*** Opening EXERCISE DATA ***

//! Runs by threads at once, and the first of them that is caught.

ghost use Rattle.std.specs.Prelude.{◌≡◌, true, false, min, IfOk, IfSome, IfNone};
ghost use Rattle.thread_plan.specs.Plans.{IsPlanOf};
ghost use Rattle.wasm_types.specs.declared.key.Profile.TheVariants.{Two};
ghost use Rattle.wasm_types.specs.declared.sizes.TheConstants.{MOST_STEPS};
ghost use Rattle.wasm_record.specs.Recordings.{IsKeyOf, RecordsThreads};
ghost use Rattle.commands.specs.Hunts.{ComesByThreads, IsCaughtRun, IsRunByThreads, shows};
ghost use Rattle.commands.specs.Least.{NoneIsCaught};

use crate::hunt_answers::judge;
use crate::made_runs::MadeRuns;
use crate::program::Program;
use command_words::HuntRequest;
use log::Log;
use std::alloc::Global;
use std::sync::Wait;
use std::thread::Threads;
use wasm_record::{AtOnce, Never, Recording, Unkept, record_threads};
use wasm_types::{Block, NoMemory};

/// The recording of a run of threads at once, with a timer that always or never says that a time is over.
pub(crate) fn recording_by_threads<T: Threads + Wait + Sync>(
    threads: &T,
    alloc: Global,
    program: &Program,
    times_out: bool,
    run: u64,
    block: Block,
    steps: u32,
) -> Result<Recording, NoMemory>
    requires { IsPlanOf program.now.valid program.now.plan }
    ensures key { IfOk result (λ r. IsKeyOf program.now.valid program.now.plan run (Two block) r.key) }
    ensures records { IfOk result (λ r. RecordsThreads program.now.valid program.now.plan (Two block) (λ t s. times_out) (min steps MOST_STEPS) r.recorded) }
{
    let Program { valid, plan } = program;
    if times_out {
        record_threads(
            threads, alloc, valid, plan, run, block, steps, &AtOnce, &Unkept,
        )
    } else {
        record_threads(
            threads, alloc, valid, plan, run, block, steps, &Never, &Unkept,
        )
    }
}

/// A run that is caught, and its number.
#[derive(Drop)]
pub(crate) struct CaughtRun {
    pub(crate) number: u64,
    pub(crate) recording: Recording,
}

/// A run by threads under a number, if it is caught.
fn caught_by_threads<T: Threads + Wait + Sync, L: Log>(
    threads: &T,
    alloc: Global,
    program: &Program,
    request: &HuntRequest<'_>,
    made: &MadeRuns<'_, L>,
    number: u64,
) -> Result<Option<Recording>, NoMemory>
    requires { IsPlanOf program.now.valid program.now.plan }
    ensures caught { IfOk result (λ found. IfSome found (λ r. shows request.now r.recorded.end ≡ true)) }
    ensures key { IfOk result (λ found. IfSome found (λ r. IsKeyOf program.now.valid program.now.plan number (Two request.now.block) r.key)) }
    ensures is_run { IfOk result (λ found. IfSome found (λ r. IsRunByThreads program.now.valid program.now.plan request.now r.recorded)) }
    ensures none { IfOk result (λ found. IfNone found (ComesByThreads program.now.valid program.now.plan request.now number false)) }
{
    let HuntRequest {
        times_out,
        block,
        steps,
        ..
    } = *request;
    let recording = recording_by_threads(threads, alloc, program, times_out, number, block, steps)?;
    made.add();
    if judge(alloc, request, &recording)? {
        Ok(Some(recording))
    } else {
        Ok(None)
    }
}

/// The first run by threads that is caught, of those under the numbers.
pub(crate) fn first_by_threads<T: Threads + Wait + Sync, L: Log>(
    threads: &T,
    alloc: Global,
    program: &Program,
    request: &HuntRequest<'_>,
    made: &MadeRuns<'_, L>,
) -> Result<Option<CaughtRun>, NoMemory>
    requires { IsPlanOf program.now.valid program.now.plan }
    ensures found { IfOk result (λ found. IfSome found (λ x. IsCaughtRun program.now.valid program.now.plan request.now x.number x.recording)) }
    ensures none { IfOk result (λ found. IfNone found (NoneIsCaught (ComesByThreads program.now.valid program.now.plan request.now) request.now.range.from request.now.range.count)) }
{
    for done in 0..request.range.count {
        let number = request.range.from + done;
        if let Some(recording) = caught_by_threads(
            threads, alloc, program, request, made, number,
        )? {
            return Ok(Some(CaughtRun { number, recording }));
        }
    }
    Ok(None)
}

*** Closing EXERCISE DATA ***

→ **ASSIGNED TASK**:
Report, from the entries above, each line where "declared" is found.

→ **ANSWER SPACE**:
ghost use Rattle.wasm_types.specs.declared.key.Profile.TheVariants.{Two};
ghost use Rattle.wasm_types.specs.declared.sizes.TheConstants.{MOST_STEPS};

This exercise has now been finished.